For the records below, work out the number of lines holding "colspan" and reply with only that.

Dataset extract section start

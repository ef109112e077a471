//! What is read of an element's attributes: the first of a name, the number of a list's first item, what a cell of a table
//! spans, and the name of a mark.

ghost use Rattle.std.specs.Prelude.{◌≡◌, ◌&&◌, IfOk, codes, find, map, option_copied, option_map, pos, reverse, string_bytes, unwrap_or};
ghost use Rattle.std.specs.Str.{bytes_eq};
ghost use Rattle.html_render_dom_nodes.specs.Content.{name_of, property_of, space_of, is_html};
ghost use Rattle.html_render_dom.specs.Attributes.{first_value};
ghost use Rattle.html_render_tree_convert.specs.Conversion.{number_of, start_of};
ghost use Rattle.html_render_tree_convert.specs.Marks.{names_mark, mark_of};
ghost use Rattle.html_render_tree_convert.specs.Tables.{size_of, size_or_one, span_of};

use crate::tables::CellSpan;
use html_render_dom::Error;
use html_render_dom::dom::{Attribute, AttributeValue, Namespace, QualName};
use html_render_dom_nodes::is_same_name;
use html_render_layout_nodes::text::NodeText;
use std::alloc::{AllocError, Global};

/// Returns the first attribute of a local name.
fn attribute_named<'a>(attributes: &'a [Attribute], name: &str) -> Option<&'a Attribute>
    ensures { option_copied result ≡ find (λ a. bytes_eq a.name.local name.now) attributes.now }
{
    attributes.iter().find(|attribute| is_same_name(attribute.name.local.as_str(), name))
}

/// Returns the value of the first attribute of a local name.
#[tactic(auto, using(crate::proofs::Numbers::starts))]
pub fn first_value<'a>(attributes: &'a [Attribute], name: &str) -> Option<&'a AttributeValue>
    ensures { option_map (λ value. value.now) result ≡ first_value name.now (map property_of attributes.now) }
{
    match attribute_named(attributes, name) {
        Some(attribute) => Some(&attribute.value),
        None => None,
    }
}

/// Returns the number that a text is, and 1 if it is none.
fn number_or_one(text: &str) -> i64
    ensures { result ≡ unwrap_or (number_of text.now) (pos 1) }
{
    text.parse().unwrap_or(1)
}

/// Returns the number of an ordered list's first item, by the list's attributes.
pub fn start_of(attributes: &[Attribute]) -> i64
    ensures { result ≡ start_of (map property_of attributes.now) }
{
    match first_value(attributes, "start") {
        Some(number) => number_or_one(number.as_str()),
        None => 1,
    }
}

/// Returns the last attribute of a local name.
fn last_named<'a>(attributes: &'a [Attribute], name: &str) -> Option<&'a Attribute>
    ensures { option_copied result ≡ find (λ a. bytes_eq a.name.local name.now) (reverse attributes.now) }
{
    attributes.iter().rev().find(|attribute| is_same_name(attribute.name.local.as_str(), name))
}

/// Returns the number that a text is, and 1 if it is none.
fn size_or_one(text: &str) -> usize
    ensures { result ≡ unwrap_or (size_of text.now) 1 }
{
    text.parse().unwrap_or(1)
}

/// Returns the number of the last attribute of a local name, and 1 without such a number.
fn last_size(attributes: &[Attribute], name: &str) -> usize
    ensures { result ≡ size_or_one name.now (map property_of attributes.now) }
{
    match last_named(attributes, name) {
        Some(attribute) => size_or_one(attribute.value.as_str()),
        None => 1,
    }
}

/// Returns the span of a cell of a table by its attributes: as many columns as its last `colspan` says, and as many rows as its
/// last `rowspan` says, at least 1.
pub fn span_of(attributes: &[Attribute]) -> CellSpan
    ensures { result ≡ span_of (map property_of attributes.now) }
{
    CellSpan {
        colspan: last_size(attributes, "colspan"),
        rowspan: last_size(attributes, "rowspan").max(1),
    }
}

/// Reports whether an element is an `a` of HTML.
fn is_anchor(element: &QualName) -> bool
    ensures { result ≡ (is_html (space_of element.now.ns) && bytes_eq element.now.local (codes "a")) }
{
    match element.ns {
        Namespace::Html => element.local.as_str() == "a",
        _ => false,
    }
}

/// Reports whether an attribute of an element names its mark.
fn names_mark(element: &QualName, attribute: &Attribute) -> bool
    ensures { result ≡ names_mark (name_of element.now) (property_of attribute.now) }
{
    let name = attribute.name.local.as_str();
    name == "id" || (name == "name" && is_anchor(element))
}

/// Returns the first attribute of an element that names its mark.
pub(crate) fn mark_attribute<'a>(
    element: &QualName,
    attributes: &'a [Attribute],
) -> Option<&'a Attribute>
    ensures { option_copied result ≡ find (λ a. names_mark (name_of element.now) (property_of a)) attributes.now }
{
    attributes
        .iter()
        .find(|attribute| names_mark(element, attribute))
}

/// Returns the name of an element's mark, if it has one.
///
/// # Errors
///
/// `AllocError`, where the name can't be copied.
#[tactic(auto, using(crate::proofs::Numbers::starts))]
pub fn mark_of(
    alloc: Global,
    element: &QualName,
    attributes: &[Attribute],
) -> Result<Option<NodeText>, AllocError>
    ensures { IfOk result (λ mark. mark ≡ mark_of (name_of element.now) (map property_of attributes.now)) }
{
    match mark_attribute(element, attributes) {
        Some(attribute) => {
            let name = NodeText::from_str(alloc, attribute.value.as_str())?;
            Ok(Some(name))
        }
        None => Ok(None),
    }
}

Dataset extract section end

Finished task — 2